(Dataset items)
*** Block opens ***

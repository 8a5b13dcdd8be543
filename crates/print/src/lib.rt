// Fields of a text, put into a lent buffer at a place. Each function answers the place behind what it put, and leaves every other byte.
#![tactic(auto)]

ghost use Rattle.std.specs.Prelude.{[], ◌∷◌, ◌≤◌, ◌<◌, length};
ghost use Rattle.answer.specs.Limits.{max_components};
ghost use Rattle.answer.specs.State.{parts_of};
ghost use Rattle.model.specs.Text.{decimal, joined, guard_field, set_field};
ghost use Rattle.print.specs.Put.{Room, Put, leading};

use answer::State;
use fields::Sign;

pub fn put_byte(out: &mut [u8], at: usize, b: u8) -> usize
    requires { at < length out.old }
    ensures { Put out.old at (b ∷ []) out.new result }
{
    out[at] = b;
    at + 1
}

pub fn put_word(out: &mut [u8], at: usize, w: &[u8]) -> usize
    requires { Room out.old at w.now }
    ensures { Put out.old at w.now out.new result }
{
    for i in 0..w.len() {
        out[at + i] = w[i];
    }
    at + w.len()
}

// The digit of a scale, unless the number is below it.
fn put_leading(out: &mut [u8], at: usize, n: u64, scale: u64) -> usize
    requires { (0 < scale) × Room out.old at (leading n scale) }
    ensures { Put out.old at (leading n scale) out.new result }
{
    if n < scale {
        return at;
    }
    put_byte(out, at, Sign::ZERO + (n / scale % 10) as u8)
}

// A number of at most five digits; of a greater one the last five.
pub fn put_decimal(out: &mut [u8], at: usize, n: u64) -> usize
    requires { Room out.old at (decimal n) }
    ensures { Put out.old at (decimal n) out.new result }
{
    let a = put_leading(out, at, n, 10000);
    let b = put_leading(out, a, n, 1000);
    let c = put_leading(out, b, n, 100);
    let d = put_leading(out, c, n, 10);
    put_byte(out, d, Sign::ZERO + (n % 10) as u8)
}

// A number behind a tab or a comma.
pub fn put_behind(out: &mut [u8], at: usize, sign: u8, n: u64) -> usize
    requires { Room out.old at (sign ∷ decimal n) }
    ensures { Put out.old at (sign ∷ decimal n) out.new result }
{
    let next = put_byte(out, at, sign);
    put_decimal(out, next, n)
}

pub fn put_guard(out: &mut [u8], at: usize, g: u64) -> usize
    requires { Room out.old at (guard_field g) }
    ensures { Put out.old at (guard_field g) out.new result }
{
    if g == 0 {
        return put_byte(out, at, Sign::DASH);
    }
    put_decimal(out, at, g - 1)
}

// The members from the lowest on: as many turns as there are members.
pub fn put_set(out: &mut [u8], at: usize, s: u64) -> usize
    requires { Room out.old at (set_field s) }
    ensures { Put out.old at (set_field s) out.new result }
{
    if s == 0 {
        return put_byte(out, at, Sign::DASH);
    }
    let first = sets::lowest(s);
    let mut next = put_decimal(out, at, first);
    let mut left = sets::minus(s, sets::single(first));
    while left != 0 {
        let x = sets::lowest(left);
        next = put_behind(out, next, Sign::COMMA, x);
        left = sets::minus(left, sets::single(x));
    }
    next
}

// "a composed state is one number per component".
pub fn put_state(out: &mut [u8], at: usize, x: State) -> usize
    requires { (x.count ≤ max_components) × Room out.old at (joined (parts_of x)) }
    ensures { Put out.old at (joined (parts_of x)) out.new result }
{
    let n = x.count;
    if n == 0 {
        return at;
    }
    let mut next = put_decimal(out, at, x.parts[0] as u64);
    for i in 1..n {
        next = put_behind(out, next, Sign::COMMA, x.parts[i] as u64);
    }
    next
}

*** Block closes ***

Give all the records above again, wording unchanged.

repository 8a5b13dcdd8be543
filename crates/print/src/lib.rt
// Fields of a text, put into a lent buffer at a place. Each function answers the place behind what it put, and leaves every other byte.
#![tactic(auto)]

ghost use Rattle.std.specs.Prelude.{[], ◌∷◌, ◌≤◌, ◌<◌, length};
ghost use Rattle.answer.specs.Limits.{max_components};
ghost use Rattle.answer.specs.State.{parts_of};
ghost use Rattle.model.specs.Text.{decimal, joined, guard_field, set_field};
ghost use Rattle.print.specs.Put.{Room, Put, leading};

use answer::State;
use fields::Sign;

pub fn put_byte(out: &mut [u8], at: usize, b: u8) -> usize
    requires { at < length out.old }
    ensures { Put out.old at (b ∷ []) out.new result }
{
    out[at] = b;
    at + 1
}

pub fn put_word(out: &mut [u8], at: usize, w: &[u8]) -> usize
    requires { Room out.old at w.now }
    ensures { Put out.old at w.now out.new result }
{
    for i in 0..w.len() {
        out[at + i] = w[i];
    }
    at + w.len()
}

// The digit of a scale, unless the number is below it.
fn put_leading(out: &mut [u8], at: usize, n: u64, scale: u64) -> usize
    requires { (0 < scale) × Room out.old at (leading n scale) }
    ensures { Put out.old at (leading n scale) out.new result }
{
    if n < scale {
        return at;
    }
    put_byte(out, at, Sign::ZERO + (n / scale % 10) as u8)
}

// A number of at most five digits; of a greater one the last five.
pub fn put_decimal(out: &mut [u8], at: usize, n: u64) -> usize
    requires { Room out.old at (decimal n) }
    ensures { Put out.old at (decimal n) out.new result }
{
    let a = put_leading(out, at, n, 10000);
    let b = put_leading(out, a, n, 1000);
    let c = put_leading(out, b, n, 100);
    let d = put_leading(out, c, n, 10);
    put_byte(out, d, Sign::ZERO + (n % 10) as u8)
}

// A number behind a tab or a comma.
pub fn put_behind(out: &mut [u8], at: usize, sign: u8, n: u64) -> usize
    requires { Room out.old at (sign ∷ decimal n) }
    ensures { Put out.old at (sign ∷ decimal n) out.new result }
{
    let next = put_byte(out, at, sign);
    put_decimal(out, next, n)
}

pub fn put_guard(out: &mut [u8], at: usize, g: u64) -> usize
    requires { Room out.old at (guard_field g) }
    ensures { Put out.old at (guard_field g) out.new result }
{
    if g == 0 {
        return put_byte(out, at, Sign::DASH);
    }
    put_decimal(out, at, g - 1)
}

// The members from the lowest on: as many turns as there are members.
pub fn put_set(out: &mut [u8], at: usize, s: u64) -> usize
    requires { Room out.old at (set_field s) }
    ensures { Put out.old at (set_field s) out.new result }
{
    if s == 0 {
        return put_byte(out, at, Sign::DASH);
    }
    let first = sets::lowest(s);
    let mut next = put_decimal(out, at, first);
    let mut left = sets::minus(s, sets::single(first));
    while left != 0 {
        let x = sets::lowest(left);
        next = put_behind(out, next, Sign::COMMA, x);
        left = sets::minus(left, sets::single(x));
    }
    next
}

// "a composed state is one number per component".
pub fn put_state(out: &mut [u8], at: usize, x: State) -> usize
    requires { (x.count ≤ max_components) × Room out.old at (joined (parts_of x)) }
    ensures { Put out.old at (joined (parts_of x)) out.new result }
{
    let n = x.count;
    if n == 0 {
        return at;
    }
    let mut next = put_decimal(out, at, x.parts[0] as u64);
    for i in 1..n {
        next = put_behind(out, next, Sign::COMMA, x.parts[i] as u64);
    }
    next
}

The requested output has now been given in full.